In 2010 Time magazine conducted a poll asking people who their choice would be for Person of the Year. Among the magazine's list of 25 candidates, Assange received 382,024 votes, greater than the total received by the second and third choices combined. Despite the fact that, according to Time itself, its Person of the Year selection is not an award or an indication of approval on its part, but instead goes to the person who "for better or worse ... has done the most to influence the events of the year," Time overruled the people's choice in favour of Facebook founder Mark Zuckerberg, with the reactionary Tea Party as the runner-up. The hypocrisy here is another example of the system-embedded media toadying to the government script.

To show what lengths the US government would go to silence truth-tellers, there is also the example of Edward Snowden who revealed how the U.S. government spies on every person in the US and almost everyone around the world. The US took drastic measures to capture him. While condemning Snowden for taking refuge in Russia, the US has made it impossible for him to leave. They forced Bolivian president Evo Morales' plane to land in Austria as it was rumoured that Snowden was on board. The Danish government recently revealed that a US government jet already used in renditions (read kidnappings for the purpose of torture) was waiting in Copenhagen to grab Snowden should he decide to go onward to a Scandinavian country from Moscow in June 2013. Were Snowden to return – or be forcibly returned – to the US he would face charges of theft and espionage and likely be imprisoned.

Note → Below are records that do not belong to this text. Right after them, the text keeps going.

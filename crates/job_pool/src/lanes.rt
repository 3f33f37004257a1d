//! Making the way of the jobs from a post to its workers.
ghost use Rattle.std.specs.Prelude.{◌≡◌, ◌≤◌, All, IfOk, vec_len};
ghost use Rattle.job_pool.specs.Lanes.{new_outgoing};

use crate::bells::Bells;
use crate::inbox::Inbox;
use crate::outbox::Outbox;
use crossbeam_channel::bounded;
use job_queue::job_queue;
use revision_jobs::Entries;
use std::alloc::{AllocError, Global};

/// How many calls of a bell wait at most: twice as many as jobs may wait in both queues.
const CALLS: usize = 64;

/// The ends of a post for jobs of the table and of so many workers, 1 to 8. Nothing was sent yet.
pub(crate) fn lanes<'a>(
    alloc: Global,
    entries: &'a Entries,
    workers: u8,
) -> Result<(Outbox<'a>, Vec<Inbox>), AllocError>
    requires { (1 ≤ workers) × (workers ≤ 8) }
    ensures outbox { IfOk result (λ ends. ends.0 ≡ new_outgoing entries.now) }
    ensures count { IfOk result (λ ends. vec_len ends.1 ≡ workers) }
    ensures inboxes { IfOk result (λ ends. All (λ inbox. inbox ≡ entries.now) ends.1.items) }
{
    let (steps, mut step_takers) = job_queue(alloc, entries, workers)?;
    let (views, mut view_takers) = job_queue(alloc, entries, workers)?;
    let (first_bell, first_called) = bounded(alloc, CALLS)?;
    let (bell, called) = bounded(alloc, CALLS)?;
    let mut inboxes = Vec::new(alloc);
    'workers: for made in 0..workers {
        let (Some(steps), Some(views)) = (step_takers.pop(), view_takers.pop()) else {
            unreachable!()
        };
        let is_first = made == 0;
        let called = if is_first {
            first_called.clone()?
        } else {
            called.clone()?
        };
        let is_alone = workers == 1;
        inboxes.push(Inbox::new(steps, views, called, is_first && !is_alone, workers))?;
    }
    let bells = Bells::new(first_bell, bell, workers);
    Ok((Outbox::new(entries, steps, views, bells), inboxes))
}
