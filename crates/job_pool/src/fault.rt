//! Why there is no pool.

use basics::{Reason, Refusal};
use std::alloc::AllocError;
use thiserror::Error;

/// Why a pool was not made.
#[derive(Clone, Copy, Debug, PartialEq, Eq, Error)]
pub enum PoolFault {
    /// A thread was refused.
    #[error("a worker's thread was refused")]
    NoWorker,
    /// A growth was refused.
    #[error("there is no memory")]
    NoMemory,
}

/// Why there is no pool, with the input that its body wasn't called on.
pub struct NoPool<I> {
    /// Why there is none.
    pub fault: PoolFault,
    /// The input.
    pub input: I,
}

impl<I> NoPool<I> {
    ghost use Rattle.std.specs.Prelude.{◌≡◌};

    pub(crate) fn of(fault: PoolFault, input: I) -> NoPool<I>
        ensures { (result.fault ≡ fault) × (result.input ≡ input) }
    {
        NoPool { fault, input }
    }
}

impl Refusal for PoolFault {
    ghost use Rattle.std.specs.Prelude.{None};
    ghost use Rattle.job_pool.specs.Faults.{name_of, number_of};

    ghost number_of = { number_of };

    ghost name_of = { name_of };

    ghost place_of = { λ _. None };

    fn reason(&self) -> Reason {
        match self {
            PoolFault::NoMemory => Reason::of(70, "NoMemory"),
            PoolFault::NoWorker => Reason::of(74, "NoWorker"),
        }
    }
}

impl From<AllocError> for PoolFault {
    ghost use Rattle.std.specs.Prelude.{◌≡◌};
    ghost use Rattle.job_pool.specs.declared.fault.PoolFault.TheVariants.{NoMemory};

    ghost from_gives = { λ _ fault. fault ≡ NoMemory };

    fn from(_error: AllocError) -> PoolFault {
        PoolFault::NoMemory
    }
}
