//! The channel that brings answers back.
ghost use Rattle.std.specs.Prelude.{◌≡◌, ◌≤◌, All, IfOk, IfSome, Some, vec_len};
ghost use Rattle.crossbeam_channel.specs.Claims.{view, IsSeatAt};
ghost use Rattle.crossbeam_channel.specs.Ends.{sends_on};
ghost use Rattle.revision_jobs.specs.Posted.{IsOwnAnswer};
ghost use Rattle.job_pool.specs.Home.{terms_in, terms_of};

use crate::answer_rule::{MakesEnd, NamesTerms, Naming, OfTable, Passes, Terms};
use crossbeam_channel::{Pass, RuledReceiver, RuledSender, TryRecvError, bounded_with};
use revision_jobs::{Entries, Worked};
use std::alloc::{AllocError, Global};
use std::marker::{Brand, Model};
use std::sync::Wait;

/// How many answers may wait.
const CAPACITY: usize = 32;

/// A worker's end. Contracts see the table of its answers, and their limit.
#[derive(Drop)]
pub(crate) struct AnswerSender {
    end: RuledSender<Worked, Option<Terms>, OfTable>,
    pass: Pass<Worked, Option<Terms>>,
}

impl Model for AnswerSender {
    ghost use Rattle.std.specs.Prelude.{◌≡◌, Some};
    ghost use Rattle.crossbeam_channel.specs.Claims.{view as known, IsSeatAt};
    ghost use Rattle.crossbeam_channel.specs.Ends.{sends_on};
    ghost use Rattle.job_pool.specs.declared.answer_rule.Terms.{Terms};
    ghost use Rattle.job_pool.specs.Home.{terms_in};

    ghost Value = { Terms };

    ghost view = { λ s. terms_in (known s.pass) };

    ghost invariant = { λ s. IsSeatAt (sends_on s.end) s.pass
        × (known s.pass ≡ Some (terms_in (known s.pass))) };
}

/// The post's end. Contracts see the table of its answers, and their limit.
#[derive(Drop)]
pub(crate) struct AnswerReceiver {
    end: RuledReceiver<Worked, Option<Terms>, OfTable>,
    pass: Pass<Worked, Option<Terms>>,
}

impl Model for AnswerReceiver {
    ghost use Rattle.std.specs.Prelude.{◌≡◌, Some};
    ghost use Rattle.crossbeam_channel.specs.Claims.{view as known, IsSeatAt};
    ghost use Rattle.crossbeam_channel.specs.Ends.{receives_on};
    ghost use Rattle.job_pool.specs.declared.answer_rule.Terms.{Terms};
    ghost use Rattle.job_pool.specs.Home.{terms_in};

    ghost Value = { Terms };

    ghost view = { λ r. terms_in (known r.pass) };

    ghost invariant = { λ r. IsSeatAt (receives_on r.end) r.pass
        × (known r.pass ≡ Some (terms_in (known r.pass))) };
}

impl AnswerSender {
    /// Sends an answer back. It is dropped where nobody waits for it any more. It waits while 32
    /// answers wait.
    pub(crate) fn send<R: Wait>(&mut self, rt: &R, answer: Worked)
        requires { IsOwnAnswer self.old.table self.old.limit answer }
        ensures { self.new ≡ self.old }
    {
        let _sent = self.end.send_as::<Passes, R>(rt, &mut self.pass, answer);
    }
}

impl AnswerReceiver {
    /// The next answer. It waits while there is none, and is Disconnected where none is and no
    /// worker is left.
    pub(crate) fn receive<R: Wait>(&mut self, rt: &R) -> Result<Worked, TryRecvError>
        ensures same { self.new ≡ self.old }
        ensures own { IfOk result (IsOwnAnswer self.old.table self.old.limit) }
    {
        match self.end.recv_as::<Passes, R>(rt, &mut self.pass) {
            Ok(answer) => Ok(answer),
            Err(_) => Err(TryRecvError::Disconnected),
        }
    }

    /// The next answer, if there is one already: Empty where there is none, and Disconnected where
    /// no worker is left either.
    pub(crate) fn try_receive<R: Wait>(&mut self, rt: &R) -> Result<Worked, TryRecvError>
        ensures same { self.new ≡ self.old }
        ensures own { IfOk result (IsOwnAnswer self.old.table self.old.limit) }
    {
        self.end.try_recv_as::<Passes, R>(rt, &mut self.pass)
    }
}

/// A channel for answers of the table and at the limit, with so many senders.
pub(crate) fn answer_queue(
    alloc: Global,
    entries: &Entries,
    limit: u32,
    senders: u8,
) -> Result<(Vec<AnswerSender>, AnswerReceiver), AllocError>
    ensures count { IfOk result (λ ends. vec_len ends.0 ≡ senders) }
    ensures senders { IfOk result (λ ends.
        All (λ s. s ≡ terms_of entries.now limit) ends.0.items) }
    ensures receiver { IfOk result (λ ends. ends.1 ≡ terms_of entries.now limit) }
{
    queue_of::<Brand>(alloc, entries, limit, senders)
}

// A channel whose terms have a name.
fn queue_of<K: Naming>(
    alloc: Global,
    entries: &Entries,
    limit: u32,
    senders: u8,
) -> Result<(Vec<AnswerSender>, AnswerReceiver), AllocError>
    requires { K.terms ≡ terms_of entries.now limit }
    ensures count { IfOk result (λ ends. vec_len ends.0 ≡ senders) }
    ensures senders { IfOk result (λ ends.
        All (λ s. s ≡ terms_of entries.now limit) ends.0.items) }
    ensures receiver { IfOk result (λ ends. ends.1 ≡ terms_of entries.now limit) }
{
    let mut all = Vec::new(alloc);
    let (end, from, mut pass) = bounded_with::<Worked, Option<Terms>, OfTable, Global>(
        alloc, CAPACITY,
    )?;
    let theirs = end.another::<NamesTerms<K>>(&mut pass);
    let receiver = AnswerReceiver {
        end: from,
        pass: theirs,
    };
    'senders: for made in 0..senders {
        all.push(another_sender(&end, &mut pass)?)?;
    }
    Ok((all, receiver))
}

// Another sender of the channel.
fn another_sender(
    end: &RuledSender<Worked, Option<Terms>, OfTable>,
    pass: &mut Pass<Worked, Option<Terms>>,
) -> Result<AnswerSender, AllocError>
    requires queue { IsSeatAt (sends_on end.now) pass.old }
    requires tabled { view pass.old ≡ Some (terms_in (view pass.old)) }
    ensures pass { IsSeatAt (sends_on end.now) pass.new × (view pass.new ≡ view pass.old) }
    ensures sender { IfOk result (λ s. s ≡ terms_in (view pass.old)) }
{
    let theirs = end.another::<MakesEnd>(pass);
    Ok(AnswerSender {
        end: end.try_clone()?,
        pass: theirs,
    })
}
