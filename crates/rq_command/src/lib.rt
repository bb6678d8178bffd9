//! The command of a log entry, read from its bytes, for a node that starts again: docs/FORMATS.md, "Bytes".
#![tactic(auto)]

mod commands;
mod decoding;
mod laws;
mod texts;

pub use commands::decode_command;
pub use decoding::decode_execute;
pub use laws::{
    each_command_has_one_answer, each_input_is_decoded_as_one, each_text_is_read_as_one,
    items_can_be_read,
};
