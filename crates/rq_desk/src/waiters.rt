//! Who waits for an answer of the hub.
use crate::slot::{DeskError, Slot};
use rq_hub::{Naming, Outputs, Said};
use std::alloc::Global;
use std::sync::{Arc, Wait};

/// A thread that waits for the answer to the ask of this number.
#[derive(Drop)]
struct Waiter<J: Naming> {
    number: u64,
    slot: Arc<Slot<J>, Global>,
}

/// Who waits for an answer of the hub.
#[derive(Drop)]
pub struct Waiters<J: Naming> {
    waiters: Vec<Waiter<J>>,
}

impl<J: Naming> Waiters<J> {
    /// Nobody waits.
    pub fn new(alloc: Global) -> Waiters<J> {
        Waiters {
            waiters: Vec::new(alloc),
        }
    }

    /// From now on the answer to this number goes to this slot. Where memory is wanting, it is told so.
    pub fn add<W: Wait>(&mut self, rt: &W, number: u64, slot: Arc<Slot<J>, Global>) -> bool {
        if self.waiters.reserve(1).is_err() {
            slot.fail(rt, number, DeskError::NoMemory);
            drop(slot);
            return false;
        }
        self.waiters.push_reserved(Waiter { number, slot });
        true
    }

    /// Who waits for the answer to this number waits no more.
    fn remove(&mut self, number: u64) -> Option<Waiter<J>> {
        let at = self
            .waiters
            .iter()
            .position(|waiter| waiter.number == number)?;
        Some(self.waiters.swap_remove(at))
    }

    /// Hands over an answer.
    fn post<W: Wait>(&mut self, rt: &W, said: Said<J>) {
        match self.remove(said.number()) {
            Some(waiter) => {
                waiter.slot.post(rt, said);
                drop(waiter);
            }
            None => drop(said),
        }
    }

    /// Hands over the answers.
    pub fn post_all<W: Wait>(&mut self, rt: &W, outputs: Outputs<J>) {
        let mut outputs = outputs;
        for _ in rt.forever() {
            match outputs.next() {
                Some(said) => self.post(rt, said),
                None => break,
            }
        }
    }

    /// Says why there is no answer to the ask of this number.
    pub fn fail<W: Wait>(&mut self, rt: &W, number: u64, error: DeskError) {
        if let Some(waiter) = self.remove(number) {
            waiter.slot.fail(rt, number, error);
            drop(waiter);
        }
    }

    /// Says to all that wait that the program ends.
    pub fn fail_all<W: Wait>(&mut self, rt: &W) {
        for _ in rt.forever() {
            let Some(waiter) = self.waiters.pop() else {
                break;
            };
            waiter.slot.fail(rt, waiter.number, DeskError::Failed);
            drop(waiter);
        }
    }
}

During the current controversy following the UN panel ruling, the question of what the US, the UK and others did in Afghanistan has been the "elephant in the room", unmentioned by most of the major Western media, reactionary talking heads and even some self-identified progressive people whose focus is on what they guess about Assange as a person. This amounts to a cover-up, in that the facts are known to all who care to know them but public opinion makers don't want them mentioned in hopes that the world has forgotten.

All these revelations call into question why there is such ubiquitous monitoring of people across the planet by those who rule over the system. Why is it that the greatest criminals are in power and people who expose their crimes are hounded, threatened with assassination or jailed?

Assange, Manning, Snowden and truth-tellers like them should be actively supported for their courage. People of the world are indebted to them.